James Slatter

Shortage of finance has been a key issue. Clients who were mid-project and needing finance found it incredibly difficult to obtain finance once the pandemic hit, but the situation has begun to ease. Supply chain issues and the increase in demand from DIY home improvements under lockdown resulted in a shortage of materials which raised prices. Contractors that agreed a contract price before the pandemic will find their margins squeezed because of the higher cost of materials. 

Covid-19 has impacted on property valuations – particularly for commercial property where there are fears of a crash. Given the forced – but successful - trial of home-working, big corporates are reconsidering how much office space they need and reducing their rent outlay. This would drive down prices – particularly in big cities. This in turn affects lending on those assets and developers could end up in negative equity. 

One positive is that interest rates are very attractive at the moment so if you can borrow money, now is the time to do it.
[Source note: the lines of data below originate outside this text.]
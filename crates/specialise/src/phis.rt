//! What is left of phis.
ghost use Rattle.std.specs.Prelude.{◌≡◌, ◌+◌, ◌<◌, ◌^◌, ◌++◌, [], IfOk, OnOk, length};
ghost use Rattle.specialise.specs.Residual.{left_entry as entry_left, left_entries as entries_left, left_phi as phi_left, left_phis as phis_left};
ghost use Rattle.specialise.specs.Mirrors.Shown.{shown};

use crate::counts::Counts;
use crate::left::Left;
use ir_syntax::{MapOperand, Operand, Phi};
use ir_types::{List, OutOfMemory};
use std::alloc::Global;

/// Adds what stays of the j-th entry for its block, of a phi of the block at a place.
fn add_entry(
    alloc: Global,
    made: &mut List<(Operand, usize)>,
    left: &Left<'_>,
    place: usize,
    j: usize,
    entry: &(Operand, usize),
) -> Result<(), OutOfMemory>
    ensures { OnOk result (made.new ≡ made.old ++ entry_left (shown left.now) place j entry.now) }
{
    if left.edges.has(entry.1, place, j) {
        let operand = left.map(alloc, &entry.0)?;
        made.push((operand, left.reached.rank(entry.1)))?;
    }
    Ok(())
}

/// The entries of a phi of the block at a place that stand for reached edges.
fn left_entries(
    alloc: Global,
    left: &Left<'_>,
    place: usize,
    entries: &[(Operand, usize)],
) -> Result<List<(Operand, usize)>, OutOfMemory>
    ensures { IfOk result (λ made. made ≡ entries_left (shown left.now) place [] entries.now) }
{
    let mut made = List::new(alloc);
    let mut before = Counts::new(alloc);
    for entry in entries {
        add_entry(alloc, &mut made, left, place, before.of(entry.1), entry)?;
        before.add(entry.1)?;
    }
    Ok(made)
}

/// Adds what is left of a phi of the block at a place, whose result has the number.
fn add_phi(
    alloc: Global,
    made: &mut List<Phi>,
    left: &Left<'_>,
    place: usize,
    number: usize,
    phi: &Phi,
) -> Result<(), OutOfMemory>
    ensures { OnOk result (made.new ≡ made.old ++ phi_left (shown left.now) place number phi.now) }
{
    if left.kept.is_chosen(number) {
        let entries = left_entries(alloc, left, place, phi.entries.as_slice())?;
        made.push(Phi {
            ty: phi.ty,
            entries,
        })?;
    }
    Ok(())
}

/// The phis of the block at a place whose results stay, where the results have the numbers from `first` on.
pub(crate) fn left_phis(
    alloc: Global,
    left: &Left<'_>,
    place: usize,
    first: usize,
    phis: &[Phi],
) -> Result<List<Phi>, OutOfMemory>
    requires few { first + length phis.now < 2 ^ 64 }
    ensures { IfOk result (λ made. made ≡ phis_left (shown left.now) place first phis.now) }
{
    let mut made = List::new(alloc);
    for (k, phi) in phis.iter().enumerate() {
        add_phi(alloc, &mut made, left, place, first + k, phi)?;
    }
    Ok(made)
}
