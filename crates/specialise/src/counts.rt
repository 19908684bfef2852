//! How often numbers were counted.
ghost use Rattle.std.specs.Prelude.{◌≡◌, ◌+◌, ◌<◌, ◌-◌, ◌^◌, ◌==◌, ℕ, suc, OnOk, if◌then◌else◌};
ghost use Rattle.specialise.specs.Mirrors.Edges.{counted};

use ir_types::OutOfMemory;
use std::alloc::Global;
use std::collections::HashMap;

/// For each number how often it was counted.
#[derive(Drop)]
pub(crate) struct Counts {
    counts: HashMap<usize, usize>,
}

impl Counts {
    /// Nothing was counted.
    pub(crate) fn new(alloc: Global) -> Counts
        ensures { (k : ℕ) → counted result k ≡ 0 }
    {
        Counts {
            counts: HashMap::new(alloc),
        }
    }

    /// How often a number was counted.
    pub(crate) fn of(&self, number: usize) -> usize
        ensures { result ≡ counted self.now number }
    {
        match self.counts.get(&number) {
            Some(count) => *count,
            None => 0,
        }
    }

    /// Counts a number once more.
    pub(crate) fn add(&mut self, number: usize) -> Result<(), OutOfMemory>
        requires { counted self.old number < 2 ^ 64 - 1 }
        ensures { OnOk result ((k : ℕ) → counted self.new k ≡ (if number == k then suc (counted self.old k) else counted self.old k)) }
    {
        let count = self.of(number);
        self.counts.insert(number, count + 1)?;
        Ok(())
    }
}
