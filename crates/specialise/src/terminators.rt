//! What is left of terminators.
ghost use Rattle.std.specs.Prelude.{◌≡◌, IfOk, map};
ghost use Rattle.interface.specs.Masks.{rank};
ghost use Rattle.specialise.specs.Residual.{number_in as number_of, case_block as block_of_case, left_branch as branch_left, left_switch as switch_left, left_term as term_left};
ghost use Rattle.specialise.specs.Mirrors.Shown.{shown};

use crate::left::Left;
use interface::{Mask, known_of};
use ir_syntax::{MapOperand, Operand, Term};
use ir_types::{Known, List, OutOfMemory, Scalar};
use std::alloc::Global;

fn number_in(value: Known) -> Option<u64>
    ensures { result ≡ number_of value }
{
    match value {
        Known::Unknown => None,
        Known::Num(number) => Some(number),
        Known::Null => None,
    }
}

/// The block of the first case for a number, and else the default.
fn case_block(number: u64, default: usize, cases: &[(u64, usize)]) -> usize
    ensures { result ≡ block_of_case number default cases.now }
{
    for case in cases {
        if case.0 == number {
            return case.1;
        }
    }
    default
}

/// The cases, by the new places of their blocks.
fn left_cases(
    alloc: Global,
    reached: &Mask,
    cases: &[(u64, usize)],
) -> Result<List<(u64, usize)>, OutOfMemory>
    ensures { IfOk result (λ made. made ≡ map (λ case. (case.0, rank reached.now case.1)) cases.now) }
{
    let mut made = List::new(alloc);
    for case in cases {
        made.push((case.0, reached.rank(case.1)))?;
    }
    Ok(made)
}

fn left_branch(
    alloc: Global,
    left: &Left<'_>,
    number: Option<u64>,
    cond: &Operand,
    one: usize,
    other: usize,
) -> Result<Term, OutOfMemory>
    ensures { IfOk result (λ term. term ≡ branch_left (shown left.now) number cond.now one other) }
{
    match number {
        Some(0) => Ok(Term::Br(left.reached.rank(other))),
        Some(_) => Ok(Term::Br(left.reached.rank(one))),
        None => {
            let cond = left.map(alloc, cond)?;
            Ok(Term::CondBr(cond, left.reached.rank(one), left.reached.rank(other)))
        }
    }
}

fn left_switch(
    alloc: Global,
    left: &Left<'_>,
    number: Option<u64>,
    ty: Scalar,
    value: &Operand,
    default: usize,
    cases: &[(u64, usize)],
) -> Result<Term, OutOfMemory>
    ensures { IfOk result (λ term. term ≡ switch_left (shown left.now) number ty value.now default cases.now) }
{
    match number {
        Some(number) => Ok(Term::Br(left.reached.rank(case_block(number, default, cases)))),
        None => {
            let value = left.map(alloc, value)?;
            let cases = left_cases(alloc, &left.reached, cases)?;
            Ok(Term::Switch {
                ty,
                value,
                default: left.reached.rank(default),
                cases,
            })
        }
    }
}

/// What is left of a terminator of a reached block.
pub(crate) fn left_term(alloc: Global, left: &Left<'_>, term: &Term) -> Result<Term, OutOfMemory>
    ensures { IfOk result (λ made. made ≡ term_left (shown left.now) term.now) }
{
    let facts = left.facts.as_slice();
    match term {
        Term::RetVoid => Ok(Term::RetVoid),
        Term::Ret(ty, value) => Ok(Term::Ret(*ty, left.map(alloc, value)?)),
        Term::Br(to) => Ok(Term::Br(left.reached.rank(*to))),
        Term::CondBr(cond, one, other) => {
            let number = number_in(known_of(left.known, facts, cond));
            left_branch(alloc, left, number, cond, *one, *other)
        }
        Term::Switch {
            ty,
            value,
            default,
            cases,
        } => {
            let number = number_in(known_of(left.known, facts, value));
            left_switch(alloc, left, number, *ty, value, *default, cases.as_slice())
        }
        Term::Unreachable => Ok(Term::Unreachable),
    }
}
BBLs and CBILs have very low interest rates and James cannot see such an opportunity to borrow money at such a low rate in the future. 

James helped contractors get their management information and cash flow forecasts up to date so that if they need finance, they have the tools in place to raise it quickly. Alongside that, he looked at their business plans for the next 12 months and stress-tested their cash flow for worst case scenarios. Where gaps were identified, he helped them raise the relevant government backed funding through their banks.

His advice to developers has been to open up the channel of communication with their contractors to understand if there are any Covid-19 impacts on the project.